Within the material below, transcribe exactly the lines from the one holding "is wholly written." through the one holding "pub enum Tag", keeping both ends and skipping the rest.
[DATA FOR THIS EXERCISE]
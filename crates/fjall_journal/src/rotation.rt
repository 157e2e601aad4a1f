//! The way from one journal to the next one on the disk.

ghost use Rattle.std.specs.Prelude.{◌≡◌, ◌≢◌, ◌⊎◌, [], OnErr, OnOk, IsTrue};
ghost use Rattle.fjall_base.specs.Disk.{CanCreate, IsFile, IsNoFolder, OnlyFaults, Took, folder_of, state_in};
ghost use Rattle.fjall_journal.specs.Writer.{MakingTook, written_out};
ghost use Rattle.fjall_journal.specs.Rotations.{RotationTook, making_safe, rotating};

use crate::persist_mode::PersistMode;
use crate::writer::Writer;
use fjall_base::{Disk, Result};

/// Makes an empty file in the root, where none is there, and syncs it and the root: then it and its name are safe.
///
/// A call that fails may have made the file, and may have synced it.
fn make_safe<D: Disk>(disk: &mut D, name: &str) -> Result<()>
    ensures took { IsTrue D.honest → OnOk result (Took (D.meaning disk.old) (D.meaning disk.new) (making_safe (D.meaning disk.old) name.now)) }
    ensures part { IsTrue D.honest → OnErr result (MakingTook (D.meaning disk.old) (D.meaning disk.new) name.now) }
    ensures free { IsTrue D.honest → OnOk result (IsNoFolder (state_in (D.meaning disk.old) name.now).now) }
    ensures served { IsTrue D.honest → CanCreate (state_in (D.meaning disk.old)) name.now → (D.meaning disk.new).misuses ≡ (D.meaning disk.old).misuses }
    ensures cause { OnlyFaults (D.meaning disk.old) (D.meaning disk.new) result }
{
    disk.create(name)?;
    disk.sync(name)?;
    disk.sync_folder("")
}

impl Writer {
    /// Appends the buffer to the file and syncs that; then makes the next journal's file and syncs it and the root. The
    /// writer stays with its own file: who calls it goes on with a writer of the next one, which it had before.
    pub fn rotate<D: Disk>(&mut self, disk: &mut D, next: &str) -> Result<()>
        ensures ok { OnOk result (self.new ≡ written_out self.old) }
        ensures left { OnErr result ((self.new ≡ self.old) ⊎ (self.new ≡ written_out self.old)) }
        ensures took { IsTrue D.honest → OnOk result (Took (D.meaning disk.old) (D.meaning disk.new) (rotating (D.meaning disk.old) self.old next.now)) }
        ensures part { IsTrue D.honest → OnErr result (RotationTook (D.meaning disk.old) (D.meaning disk.new) self.old self.new next.now) }
        ensures free { IsTrue D.honest → OnOk result (IsNoFolder (state_in (D.meaning disk.old) next.now).now) }
        ensures served { IsTrue D.honest → folder_of next.now ≡ [] → next.now ≢ [] → IsFile (state_in (D.meaning disk.old) self.old.name).now
            → IsNoFolder (state_in (D.meaning disk.old) next.now).now → (D.meaning disk.new).misuses ≡ (D.meaning disk.old).misuses }
        ensures cause { OnlyFaults (D.meaning disk.old) (D.meaning disk.new) result }
    {
        self.persist(disk, PersistMode::SyncAll)?;
        make_safe(disk, next)
    }
}
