//! The four entries of a journal.

ghost use Rattle.std.specs.Prelude.{◌≡◌};
ghost use Rattle.fjall_journal.specs.Spelling.{tag_byte, value_type_byte};
ghost use Rattle.fjall_journal.specs.Reading.{Gives, tag_of, value_type_of};

use fjall_base::{CompressionType, Error, UserKey, UserValue};

/// "FJL" and the version, behind which an end is wholly written.
pub const MAGIC_BYTES: [u8; 4] = [b'F', b'J', b'L', 3];

/// What an item does to its key.
#[derive(Clone, Copy, Debug, PartialEq, Eq)]
pub enum ValueType {
    /// Gives it a value.
    Value = 0,
    /// Removes it.
    Tombstone = 1,
    /// Removes it, where it was written once.
    WeakTombstone = 2,
    /// Points to a value elsewhere. No journal of ours has one.
    Indirection = 4,
}

/// The byte that an entry begins with.
#[derive(Clone, Copy, PartialEq, Eq)]
pub enum Tag {
    Start = 1,
    Item = 2,
    End = 3,
    Clear = 4,
}

/// An entry of a journal. A batch is a start, its items and clears, and an end.
#[derive(Drop)]
pub enum Entry {
    /// So many items and clears follow, all of this number.
    Start {
        item_count: u32,
        seqno: u64,
    },
    /// A change of one key. The key has 1 to 65,535 bytes, the value at most 4,294,967,295.
    Item {
        keyspace_id: u64,
        key: UserKey,
        value: UserValue,
        value_type: ValueType,
        compression: CompressionType,
    },
    /// The checksum of the batch.
    End([u8; 8]),
    /// All keys of a keyspace go.
    Clear {
        keyspace_id: u64,
    },
}

impl From<Tag> for u8 {
    ghost from_gives = { λ tag b. b ≡ tag_byte tag };

    fn from(tag: Tag) -> u8 {
        tag as u8
    }
}

impl From<ValueType> for u8 {
    ghost from_gives = { λ kind b. b ≡ value_type_byte kind };

    fn from(value_type: ValueType) -> u8 {
        value_type as u8
    }
}

impl TryFrom<u8> for Tag {
    type Error = Error;

    ghost try_from_gives = { λ b r. Gives (λ tag. tag) r (tag_of b) };

    fn try_from(value: u8) -> Result<Tag, Error> {
        match value {
            1 => Ok(Tag::Start),
            2 => Ok(Tag::Item),
            3 => Ok(Tag::End),
            4 => Ok(Tag::Clear),
            _ => Err(Error::InvalidTag(("JournalMarkerTag", value))),
        }
    }
}

impl TryFrom<u8> for ValueType {
    type Error = Error;

    ghost try_from_gives = { λ b r. Gives (λ kind. kind) r (value_type_of b) };

    fn try_from(value: u8) -> Result<ValueType, Error> {
        match value {
            0 => Ok(ValueType::Value),
            1 => Ok(ValueType::Tombstone),
            2 => Ok(ValueType::WeakTombstone),
            4 => Ok(ValueType::Indirection),
            _ => Err(Error::InvalidTag(("ValueType", value))),
        }
    }
}
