//! The text of an answer.

use crate::list::Wording;
use fjall_base::{Error, KvPair, Slice};
use fjall_history::Reply;
use fjall_recorder::LineError;
use std::alloc::{AllocError, Global};

/// A text that is made.
pub type Text = Result<String, AllocError>;

/// Bytes in lower-case hexadecimal, `-` for none.
pub fn word(alloc: Global, bytes: &[u8]) -> Text {
    if bytes.is_empty() {
        return String::from_str(alloc, "-");
    }
    hex::encode(alloc, bytes)
}

/// A refusal: its number, its name, and what it carries.
pub fn refusal(alloc: Global, error: Error) -> Text {
    format!(in alloc; "error {} {error:?}", error.number())
}

/// Why a line isn't done.
pub fn undone(alloc: Global, error: LineError) -> Text {
    match error {
        LineError::BadLine => String::from_str(alloc, "error 0 BadLine"),
        LineError::Refused(error) => refusal(alloc, error),
    }
}

/// A count.
pub fn count(alloc: Global, count: usize) -> Text {
    format!(in alloc; "count {count}")
}

/// Whether something is so.
pub fn flag(alloc: Global, is_so: bool) -> Text {
    String::from_str(alloc, if is_so { "true" } else { "false" })
}

/// Words of bytes behind a word.
pub fn words(alloc: Global, first: &str, all: &[Slice]) -> Text {
    let mut text = String::from_str(alloc, first)?;
    for bytes in all {
        text.push_str(" ")?;
        text.push_str(&word(alloc, bytes)?)?;
    }
    Ok(text)
}

/// Pairs, each behind a space.
pub fn pairs(alloc: Global, pairs: &[KvPair]) -> Text {
    let mut text = String::from_str(alloc, "pairs")?;
    for (key, value) in pairs {
        text.push_str(" ")?;
        text.push_str(&word(alloc, key)?)?;
        text.push_str("=")?;
        text.push_str(&word(alloc, value)?)?;
    }
    Ok(text)
}

/// The keys of pairs, one behind another.
pub fn keys(alloc: Global, pairs: &[KvPair]) -> Text {
    let mut all: Vec<u8> = Vec::new(alloc);
    for (key, _) in pairs {
        all.extend_from_slice(key)?;
    }
    format!(in alloc; "keys {}", word(alloc, &all)?)
}

fn ids(alloc: Global, ids: &[u64]) -> Text {
    let mut text = String::from_str(alloc, "ids")?;
    for id in ids {
        text.push_str(&format!(in alloc; " {id}")?)?;
    }
    Ok(text)
}

/// What a reply tells.
pub fn told(alloc: Global, wording: Wording, reply: &Reply, number: usize) -> Text {
    match (reply, wording) {
        (Reply::Done, Wording::Begin) => format!(in alloc; "tx {number}"),
        (Reply::Done, _) => String::from_str(alloc, "ok"),
        (Reply::Value(None), _) => String::from_str(alloc, "none"),
        (Reply::Value(Some(value)), _) => format!(in alloc; "value {}", word(alloc, value)?),
        (Reply::Pairs(found), Wording::Len) => format!(in alloc; "count {}", found.len()),
        (Reply::Pairs(found), Wording::Keys) => keys(alloc, found),
        (Reply::Pairs(found), _) => pairs(alloc, found),
        (Reply::Number(count), Wording::Keyspace) => format!(in alloc; "keyspace {count}"),
        (Reply::Number(count), Wording::Watermark) => format!(in alloc; "watermark {count}"),
        (Reply::Number(count), _) => format!(in alloc; "count {count}"),
        (Reply::Names(names), _) => words(alloc, "names", names),
        (Reply::Flag(true), Wording::Commit) => String::from_str(alloc, "ok"),
        (Reply::Flag(false), Wording::Commit) => String::from_str(alloc, "conflict"),
        (Reply::Flag(true), Wording::End) => String::from_str(alloc, "closed"),
        (Reply::Flag(false), Wording::End) => String::from_str(alloc, "open"),
        (Reply::Flag(is_so), _) => flag(alloc, *is_so),
        (Reply::Opened(ticket), Wording::TicketId) => format!(in alloc; "ticket {}", ticket.id),
        (Reply::Opened(ticket), Wording::Ticket) => {
            format!(in alloc; "ticket {} at {}", ticket.id, ticket.instant)
        }
        (Reply::Opened(_), _) => format!(in alloc; "snapshot {number}"),
        (Reply::Began(job), Wording::Begun) => flag(alloc, job.is_some()),
        (Reply::Began(Some(job)), _) => {
            format!(in alloc; "job {} of {}", job.number, job.keyspace_id)
        }
        (Reply::Began(None), _) => String::from_str(alloc, "no job"),
        (Reply::Ids(found), _) => ids(alloc, found),
        (Reply::Refused(error), _) => refusal(alloc, *error),
    }
}

// Whether a reply says nothing of its line: a job isn't out, so that it could not be finished; or one was begun, or there was none
// to begin.
fn is_idle(reply: &Reply) -> bool {
    matches!(reply, Reply::Flag(false) | Reply::Began(_))
}

// The reply that is told of those to a line: of a job the last that says something, of many the first refusal.
fn chosen<'a>(wording: Wording, replies: &'a [Reply]) -> Option<&'a Reply> {
    match (wording, replies) {
        (Wording::Job(_), replies) => {
            let said = replies.iter().rev().find(|reply| !is_idle(reply));
            said.or(replies.last())
        }
        (Wording::Many(_), replies) => {
            let refused = replies
                .iter()
                .find(|reply| matches!(reply, Reply::Refused(_)));
            refused.or(replies.first())
        }
        (_, replies) => replies.first(),
    }
}

/// What a line is answered that got these replies, and this number where it opens something.
pub fn answer(alloc: Global, wording: Wording, replies: &[Reply], number: usize) -> Text {
    match chosen(wording, replies) {
        Some(reply) => told(alloc, wording, reply, number),
        None => String::from_str(alloc, "ok"),
    }
}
[/DATA FOR THIS EXERCISE]
### ANSWER TO THE PROBLEM
/// "FJL" and the version, behind which an end is wholly written.
pub const MAGIC_BYTES: [u8; 4] = [b'F', b'J', b'L', 3];

/// What an item does to its key.
#[derive(Clone, Copy, Debug, PartialEq, Eq)]
pub enum ValueType {
    /// Gives it a value.
    Value = 0,
    /// Removes it.
    Tombstone = 1,
    /// Removes it, where it was written once.
    WeakTombstone = 2,
    /// Points to a value elsewhere. No journal of ours has one.
    Indirection = 4,
}

/// The byte that an entry begins with.
#[derive(Clone, Copy, PartialEq, Eq)]
pub enum Tag {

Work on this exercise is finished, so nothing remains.